Hi Helen, An alternative to fasting that you might find interesting is a ketogenic diet. This puts your body into ketosis, as would happen when fasting (but you can still eat!) which is supposed to enhance the effect of the chemo on the cancer cells but protect normal cells from the effect of chemo. Hopefully the link below will work which explains it well. It's written by Dr Colin Champ who is an American radiation oncologist involved in the research re effect of fasting and ketogenic diets on breast cancer and its treatment. An example of a very simple ketogenic diet is to look at the induction phase of the original Atkins.
i make sure I'm in ketosis the day of chemo (it takes me about 48 hours to get into it) and then I make sure I stay in ketosis for 48 hours after at which time I hope the chemo drugs have passed through my system. I've not suffered with any side effects - no nausea, mouth problems or anything else so far and I've recently completed my 3rd cycle of EC.
I did just a water fast. If you look at the research by Valter Longo, he fasted his rats and put them back in the cage with food as soon as the chemo was given. He did not fast them after. If you are up to it I would experiment with a 48 hour fast before for definate and try for 12 hours or so after. If that works you might try to eat a few hours after chemo.

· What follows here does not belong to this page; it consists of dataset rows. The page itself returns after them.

ghost use Rattle.std.specs.Prelude.{ℕ, ◌≡◌, ◌^◌, ◌<◌, length, IfOk, MatchResult, MatchOption, if◌then◌else◌};
ghost use Rattle.abc_term.specs.Standing.{definitions_of};
ghost use Rattle.abc_checks.specs.Sites.{IsFirstSite};
ghost use Rattle.abc_checks.specs.Facts.{DoubleName, UnknownName, OpenVariable, Unguarded, ParallelCycle, TooWide, TooManyMoves, NoComponent, TooManyComponents, HasFact, IsChecked, IsFirstFact, IsRefusal};

use crate::calls::Calls;
use crate::causes::{CheckRefusal, Site};
use crate::cycles::first_bad_cycle;
use crate::limits::MOST_COMPONENTS;
use crate::measures::{Measure, table};
use crate::places::Places;
use crate::sites::first_site;
use crate::{counts, facts};
use abc_cause::CheckCause;
use abc_term::Program;
use abc_value::NoMemory;
use std::alloc::Global;

/// The first site at which a definition reaches itself by unguarded calls.
fn unguarded(alloc: Global, places: &Places<'_>) -> Result<Option<Site>, NoMemory>
    requires { length places.now.program.now.definitions < 2 ^ 32 }
    ensures { IfOk result (IsFirstSite (Unguarded places.now.program.now)) }
{
    first_bad_cycle(alloc, Calls::Unguarded, places)
}

/// The first site at which a definition that holds `|` reaches itself.
fn parallel_cycle(alloc: Global, places: &Places<'_>) -> Result<Option<Site>, NoMemory>
    requires { length places.now.program.now.definitions < 2 ^ 32 }
    ensures { IfOk result (IsFirstSite (ParallelCycle places.now.program.now)) }
{
    first_bad_cycle(alloc, Calls::All, places)
}

/// The first component that is too wide.
fn too_wide(alloc: Global, places: &Places<'_>) -> Result<Option<Site>, NoMemory>
    requires definitions { length places.now.program.now.definitions < 2 ^ 32 }
    requires components { length places.now.program.now.components < 2 ^ 32 }
    ensures { IfOk result (IsFirstSite (TooWide places.now.program.now)) }
{
    let widths = table(alloc, Measure::Width, places)?;
    let fact = counts::TooWide {
        places: &*places,
        widths: &widths,
    };
    Ok(first_site(&fact, places.program))
}

/// The first site with a process of too many moves.
fn too_many_moves(alloc: Global, places: &Places<'_>) -> Result<Option<Site>, NoMemory>
    requires definitions { length places.now.program.now.definitions < 2 ^ 32 }
    requires components { length places.now.program.now.components < 2 ^ 32 }
    ensures { IfOk result (IsFirstSite (TooManyMoves places.now.program.now)) }
{
    let breadths = table(alloc, Measure::Breadth, places)?;
    let fact = counts::TooManyMoves {
        places: &*places,
        breadths: &breadths,
    };
    Ok(first_site(&fact, places.program))
}

/// The whole program, where the test holds of it.
fn whole_if(holds: bool) -> Option<Site>
    ensures { result ≡ (if holds then Some Site.Whole else None) }
{
    if holds { Some(Site::Whole) } else { None }
}

/// The first site at which the fact of a cause holds.
fn first_of(alloc: Global, cause: CheckCause, places: &Places<'_>) -> Result<Option<Site>, NoMemory>
    requires definitions { length places.now.program.now.definitions < 2 ^ 32 }
    requires components { length places.now.program.now.components < 2 ^ 32 }
    ensures { IfOk result (IsFirstSite (HasFact cause places.now.program.now)) }
{
    let program = places.program;
    let count = program.components.len();
    match cause {
        CheckCause::DoubleName => Ok(first_site(&facts::DoubleName(&*places), program)),
        CheckCause::UnknownName => Ok(first_site(&facts::UnknownName(&*places), program)),
        CheckCause::OpenVariable => Ok(first_site(&facts::OpenVariable(program), program)),
        CheckCause::Unguarded => unguarded(alloc, places),
        CheckCause::ParallelCycle => parallel_cycle(alloc, places),
        CheckCause::TooWide => too_wide(alloc, places),
        CheckCause::TooManyMoves => too_many_moves(alloc, places),
        CheckCause::NoComponent => Ok(whole_if(count == 0)),
        CheckCause::TooManyComponents => Ok(whole_if(MOST_COMPONENTS < count)),
    }
}

/// The causes in the order in which they are taken.
const CAUSES: [CheckCause; 9] = [
    CheckCause::DoubleName,
    CheckCause::UnknownName,
    CheckCause::OpenVariable,
    CheckCause::Unguarded,
    CheckCause::ParallelCycle,
    CheckCause::TooWide,
    CheckCause::TooManyMoves,
    CheckCause::NoComponent,
    CheckCause::TooManyComponents,
];

/// The first fact that holds of the program: the first cause in order, and its first site.
fn first_fact(alloc: Global, program: &Program) -> Result<Option<(CheckCause, Site)>, NoMemory>
    requires definitions { length program.now.definitions < 2 ^ 32 }
    requires components { length program.now.components < 2 ^ 32 }
    ensures { IfOk result (λ o. MatchOption o (IsChecked program.now) (λ f. IsFirstFact program.now f.0 f.1)) }
{
    let places = Places::of(alloc, program)?;
    for cause in &CAUSES {
        if let Some(site) = first_of(alloc, *cause, &places)? {
            return Ok(Some((*cause, site)));
        }
    }
    Ok(None)
}

/// Whether the program is fit to run: Ok exactly where no fact of the checks holds of it. Else Bad, with
/// the first cause in the order of `CheckCause` and the first site to which it applies: the first
/// definition by number, else the first component. NoMemory may come of any program.
pub fn check(alloc: Global, program: &Program) -> Result<(), CheckRefusal>
    requires definitions { length program.now.definitions < 2 ^ 32 }
    requires components { length program.now.components < 2 ^ 32 }
    ensures { MatchResult result (λ _. IsChecked program.now) (IsRefusal program.now) }
{
    match first_fact(alloc, program) {
        Ok(None) => Ok(()),
        Ok(Some((cause, site))) => Err(CheckRefusal::Bad(cause, site)),
        Err(NoMemory) => Err(CheckRefusal::NoMemory),
    }
}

Hi guys my name is Helen and I am about to start chemo and very committed to fasting as everything I have read makes huge sense to me. But like so many others in this thread have found, the medical community in the UK have yet to really engage with the idea. I have two questions and I would be so grateful if anyone could share their thoughts.
Does it improve the effectivenes of the fast if you eat nothing at all vs having very restricted calories (or do we simply not know that yet).
I am doing chemo weekly so is the general view that 48 hours before the treatment and 24 afterwards is the right balance. I am prepared to do whatever I need to do but 4 days a week of fasting (if I go to 72 hours before and 24 afterwards) feels very hard core for the next three months.
Much appreciated and as I am new to this forum I just want to say wow. You women are so strong and so amazing.
Rubber band girl,
i am taking Dexamethasone as well. I have just ignored the "with food" part of the instructions. It has worked well for me. I only take water while I'm fasting.
You don't need to eat nothing for the fasting, just massively restrict your calorie intake, so you could always just eat a very small amount of vegetables with your pills?